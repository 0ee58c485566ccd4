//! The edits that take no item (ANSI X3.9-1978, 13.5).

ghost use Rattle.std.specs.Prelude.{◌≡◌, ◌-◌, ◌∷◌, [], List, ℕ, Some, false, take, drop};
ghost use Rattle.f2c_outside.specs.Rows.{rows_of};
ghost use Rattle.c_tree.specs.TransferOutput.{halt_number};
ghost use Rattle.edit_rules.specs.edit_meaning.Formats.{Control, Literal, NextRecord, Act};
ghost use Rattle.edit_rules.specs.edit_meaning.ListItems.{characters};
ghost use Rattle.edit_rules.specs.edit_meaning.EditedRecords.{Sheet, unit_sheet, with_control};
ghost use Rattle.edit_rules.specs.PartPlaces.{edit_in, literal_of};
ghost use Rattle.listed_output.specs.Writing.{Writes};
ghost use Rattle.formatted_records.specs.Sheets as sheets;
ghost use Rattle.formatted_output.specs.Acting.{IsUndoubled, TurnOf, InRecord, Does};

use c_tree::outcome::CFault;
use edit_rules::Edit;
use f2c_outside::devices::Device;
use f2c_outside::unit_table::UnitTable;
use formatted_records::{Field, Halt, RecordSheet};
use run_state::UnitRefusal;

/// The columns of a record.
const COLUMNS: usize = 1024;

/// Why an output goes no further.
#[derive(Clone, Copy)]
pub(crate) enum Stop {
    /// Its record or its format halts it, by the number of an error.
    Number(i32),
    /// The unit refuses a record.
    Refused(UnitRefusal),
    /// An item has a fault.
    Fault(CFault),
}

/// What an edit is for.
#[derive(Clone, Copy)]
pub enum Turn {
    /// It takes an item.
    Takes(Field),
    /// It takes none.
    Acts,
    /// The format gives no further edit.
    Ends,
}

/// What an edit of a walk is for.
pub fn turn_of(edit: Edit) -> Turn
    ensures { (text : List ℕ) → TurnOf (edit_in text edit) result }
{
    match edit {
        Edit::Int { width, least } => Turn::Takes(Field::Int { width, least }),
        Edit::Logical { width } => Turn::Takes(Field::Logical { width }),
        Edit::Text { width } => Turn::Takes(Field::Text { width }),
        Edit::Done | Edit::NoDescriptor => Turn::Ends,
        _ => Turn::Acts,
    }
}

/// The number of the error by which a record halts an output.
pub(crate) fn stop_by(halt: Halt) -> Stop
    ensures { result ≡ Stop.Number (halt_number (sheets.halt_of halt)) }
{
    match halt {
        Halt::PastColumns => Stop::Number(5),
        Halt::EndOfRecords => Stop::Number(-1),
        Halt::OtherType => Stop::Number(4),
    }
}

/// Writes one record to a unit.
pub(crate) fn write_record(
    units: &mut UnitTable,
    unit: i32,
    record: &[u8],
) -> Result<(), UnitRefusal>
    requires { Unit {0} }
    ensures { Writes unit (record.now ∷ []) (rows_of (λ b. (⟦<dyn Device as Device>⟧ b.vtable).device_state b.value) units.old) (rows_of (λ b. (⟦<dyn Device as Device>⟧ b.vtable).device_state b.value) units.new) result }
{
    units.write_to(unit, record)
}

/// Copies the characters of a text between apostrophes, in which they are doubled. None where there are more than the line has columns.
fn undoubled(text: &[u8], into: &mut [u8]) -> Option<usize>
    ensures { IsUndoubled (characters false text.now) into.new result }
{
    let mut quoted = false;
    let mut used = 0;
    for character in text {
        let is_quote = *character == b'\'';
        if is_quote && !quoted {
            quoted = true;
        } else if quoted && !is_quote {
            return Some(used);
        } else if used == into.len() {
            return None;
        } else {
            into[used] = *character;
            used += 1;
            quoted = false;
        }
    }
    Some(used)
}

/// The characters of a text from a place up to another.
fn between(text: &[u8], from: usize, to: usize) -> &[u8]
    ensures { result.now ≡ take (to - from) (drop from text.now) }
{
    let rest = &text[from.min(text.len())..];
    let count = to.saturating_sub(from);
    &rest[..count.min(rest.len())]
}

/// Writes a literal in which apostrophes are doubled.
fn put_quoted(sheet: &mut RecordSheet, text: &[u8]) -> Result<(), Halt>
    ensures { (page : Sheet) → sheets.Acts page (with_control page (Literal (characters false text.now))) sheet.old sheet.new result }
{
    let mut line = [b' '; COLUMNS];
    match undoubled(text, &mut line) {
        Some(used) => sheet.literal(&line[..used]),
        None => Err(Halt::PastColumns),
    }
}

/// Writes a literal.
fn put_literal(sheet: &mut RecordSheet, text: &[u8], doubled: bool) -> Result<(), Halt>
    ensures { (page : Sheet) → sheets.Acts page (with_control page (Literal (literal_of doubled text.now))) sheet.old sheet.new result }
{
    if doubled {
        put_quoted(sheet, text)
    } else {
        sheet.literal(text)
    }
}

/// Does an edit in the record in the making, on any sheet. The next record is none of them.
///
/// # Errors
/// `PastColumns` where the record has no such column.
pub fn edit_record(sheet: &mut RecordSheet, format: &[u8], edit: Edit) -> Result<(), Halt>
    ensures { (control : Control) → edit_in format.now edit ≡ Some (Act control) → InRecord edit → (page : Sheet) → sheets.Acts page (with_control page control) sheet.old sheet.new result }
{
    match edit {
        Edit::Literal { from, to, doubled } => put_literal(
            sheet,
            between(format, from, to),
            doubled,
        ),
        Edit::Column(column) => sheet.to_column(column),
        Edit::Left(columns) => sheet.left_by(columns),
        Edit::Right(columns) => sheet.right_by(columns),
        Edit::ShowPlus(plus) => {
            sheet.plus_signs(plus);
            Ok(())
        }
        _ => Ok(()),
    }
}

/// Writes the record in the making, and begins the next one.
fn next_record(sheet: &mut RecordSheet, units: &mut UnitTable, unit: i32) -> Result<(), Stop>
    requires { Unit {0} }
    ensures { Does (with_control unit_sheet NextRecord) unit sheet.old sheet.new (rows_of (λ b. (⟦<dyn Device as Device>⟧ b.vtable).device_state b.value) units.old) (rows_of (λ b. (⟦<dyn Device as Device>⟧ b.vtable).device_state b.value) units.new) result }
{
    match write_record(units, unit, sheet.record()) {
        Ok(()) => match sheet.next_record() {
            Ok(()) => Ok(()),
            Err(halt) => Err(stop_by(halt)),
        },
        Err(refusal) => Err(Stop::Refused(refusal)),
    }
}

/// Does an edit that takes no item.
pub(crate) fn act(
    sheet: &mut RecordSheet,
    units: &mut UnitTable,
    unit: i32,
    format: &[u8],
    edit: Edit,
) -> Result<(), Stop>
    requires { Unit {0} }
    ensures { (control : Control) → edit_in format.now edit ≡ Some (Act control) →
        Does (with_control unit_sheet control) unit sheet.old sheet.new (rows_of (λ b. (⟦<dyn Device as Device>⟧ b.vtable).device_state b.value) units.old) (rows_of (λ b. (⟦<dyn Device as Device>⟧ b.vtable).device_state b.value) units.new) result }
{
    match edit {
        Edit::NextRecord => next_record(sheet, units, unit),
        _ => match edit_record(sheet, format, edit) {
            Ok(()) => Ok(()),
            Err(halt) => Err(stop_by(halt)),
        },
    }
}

----------

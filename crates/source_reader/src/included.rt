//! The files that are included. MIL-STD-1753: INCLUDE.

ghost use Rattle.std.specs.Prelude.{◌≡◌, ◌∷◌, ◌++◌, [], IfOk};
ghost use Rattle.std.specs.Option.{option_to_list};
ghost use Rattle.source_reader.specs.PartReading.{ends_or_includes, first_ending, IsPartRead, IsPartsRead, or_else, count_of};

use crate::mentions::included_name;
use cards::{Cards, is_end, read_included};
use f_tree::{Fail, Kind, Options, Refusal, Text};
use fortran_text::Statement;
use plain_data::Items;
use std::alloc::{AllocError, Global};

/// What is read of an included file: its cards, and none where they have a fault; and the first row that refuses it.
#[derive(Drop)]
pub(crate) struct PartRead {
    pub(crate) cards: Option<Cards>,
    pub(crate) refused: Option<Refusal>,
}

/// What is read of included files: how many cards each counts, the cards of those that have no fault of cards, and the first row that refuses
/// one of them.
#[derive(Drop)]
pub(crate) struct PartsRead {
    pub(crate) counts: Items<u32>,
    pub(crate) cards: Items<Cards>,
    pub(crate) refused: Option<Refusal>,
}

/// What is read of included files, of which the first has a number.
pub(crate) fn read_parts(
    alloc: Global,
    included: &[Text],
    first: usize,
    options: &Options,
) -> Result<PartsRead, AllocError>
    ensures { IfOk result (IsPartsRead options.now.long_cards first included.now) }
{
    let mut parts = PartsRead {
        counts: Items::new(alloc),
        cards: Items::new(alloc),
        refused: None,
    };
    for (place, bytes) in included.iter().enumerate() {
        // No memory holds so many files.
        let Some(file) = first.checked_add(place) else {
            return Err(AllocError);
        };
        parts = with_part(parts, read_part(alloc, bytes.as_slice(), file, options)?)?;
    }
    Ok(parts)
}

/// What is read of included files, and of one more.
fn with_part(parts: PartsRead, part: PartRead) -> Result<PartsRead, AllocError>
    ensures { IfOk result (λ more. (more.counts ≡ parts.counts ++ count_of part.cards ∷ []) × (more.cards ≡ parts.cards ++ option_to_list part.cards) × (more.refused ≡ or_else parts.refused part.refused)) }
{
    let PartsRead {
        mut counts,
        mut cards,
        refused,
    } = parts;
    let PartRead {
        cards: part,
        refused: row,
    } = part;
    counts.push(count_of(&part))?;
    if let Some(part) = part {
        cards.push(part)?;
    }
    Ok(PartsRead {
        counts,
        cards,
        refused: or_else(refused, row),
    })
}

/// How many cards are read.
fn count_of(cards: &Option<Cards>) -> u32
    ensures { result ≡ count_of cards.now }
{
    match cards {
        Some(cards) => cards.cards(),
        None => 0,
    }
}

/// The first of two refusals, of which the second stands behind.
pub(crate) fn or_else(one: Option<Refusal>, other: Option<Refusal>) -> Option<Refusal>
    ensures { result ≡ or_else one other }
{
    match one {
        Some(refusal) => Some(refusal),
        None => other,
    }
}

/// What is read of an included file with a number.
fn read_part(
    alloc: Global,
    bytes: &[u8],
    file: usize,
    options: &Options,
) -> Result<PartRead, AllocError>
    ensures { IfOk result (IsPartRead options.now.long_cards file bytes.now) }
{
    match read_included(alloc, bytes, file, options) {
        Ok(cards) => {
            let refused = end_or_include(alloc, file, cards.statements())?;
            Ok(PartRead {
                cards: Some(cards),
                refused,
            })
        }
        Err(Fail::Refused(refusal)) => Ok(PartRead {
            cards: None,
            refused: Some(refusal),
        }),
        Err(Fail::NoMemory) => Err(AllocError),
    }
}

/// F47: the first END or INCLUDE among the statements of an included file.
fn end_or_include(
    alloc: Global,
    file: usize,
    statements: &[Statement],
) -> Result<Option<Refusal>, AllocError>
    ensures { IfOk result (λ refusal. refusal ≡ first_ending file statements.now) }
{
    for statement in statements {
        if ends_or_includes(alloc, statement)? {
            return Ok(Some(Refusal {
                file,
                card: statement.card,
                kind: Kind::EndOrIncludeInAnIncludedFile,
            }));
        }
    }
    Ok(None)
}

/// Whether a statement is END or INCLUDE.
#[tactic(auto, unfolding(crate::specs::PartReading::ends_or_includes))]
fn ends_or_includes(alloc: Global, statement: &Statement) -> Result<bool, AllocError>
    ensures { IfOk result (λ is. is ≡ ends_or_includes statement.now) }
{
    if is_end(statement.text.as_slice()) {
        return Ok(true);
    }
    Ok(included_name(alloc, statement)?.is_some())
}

----------

• [ACTIVITY] Everything above from the line containing "into[used] = *character;" down to the line containing "no such column." should be copied exactly, both end lines included, and nothing else.

• [WRITTEN RESPONSE]
            into[used] = *character;
            used += 1;
            quoted = false;
        }
    }
    Some(used)
}

/// The characters of a text from a place up to another.
fn between(text: &[u8], from: usize, to: usize) -> &[u8]
    ensures { result.now ≡ take (to - from) (drop from text.now) }
{
    let rest = &text[from.min(text.len())..];
    let count = to.saturating_sub(from);
    &rest[..count.min(rest.len())]
}

/// Writes a literal in which apostrophes are doubled.
fn put_quoted(sheet: &mut RecordSheet, text: &[u8]) -> Result<(), Halt>
    ensures { (page : Sheet) → sheets.Acts page (with_control page (Literal (characters false text.now))) sheet.old sheet.new result }
{
    let mut line = [b' '; COLUMNS];
    match undoubled(text, &mut line) {
        Some(used) => sheet.literal(&line[..used]),
        None => Err(Halt::PastColumns),
    }
}

/// Writes a literal.
fn put_literal(sheet: &mut RecordSheet, text: &[u8], doubled: bool) -> Result<(), Halt>
    ensures { (page : Sheet) → sheets.Acts page (with_control page (Literal (literal_of doubled text.now))) sheet.old sheet.new result }
{
    if doubled {
        put_quoted(sheet, text)
    } else {
        sheet.literal(text)
    }
}

/// Does an edit in the record in the making, on any sheet. The next record is none of them.
///
/// # Errors
/// `PastColumns` where the record has no such column.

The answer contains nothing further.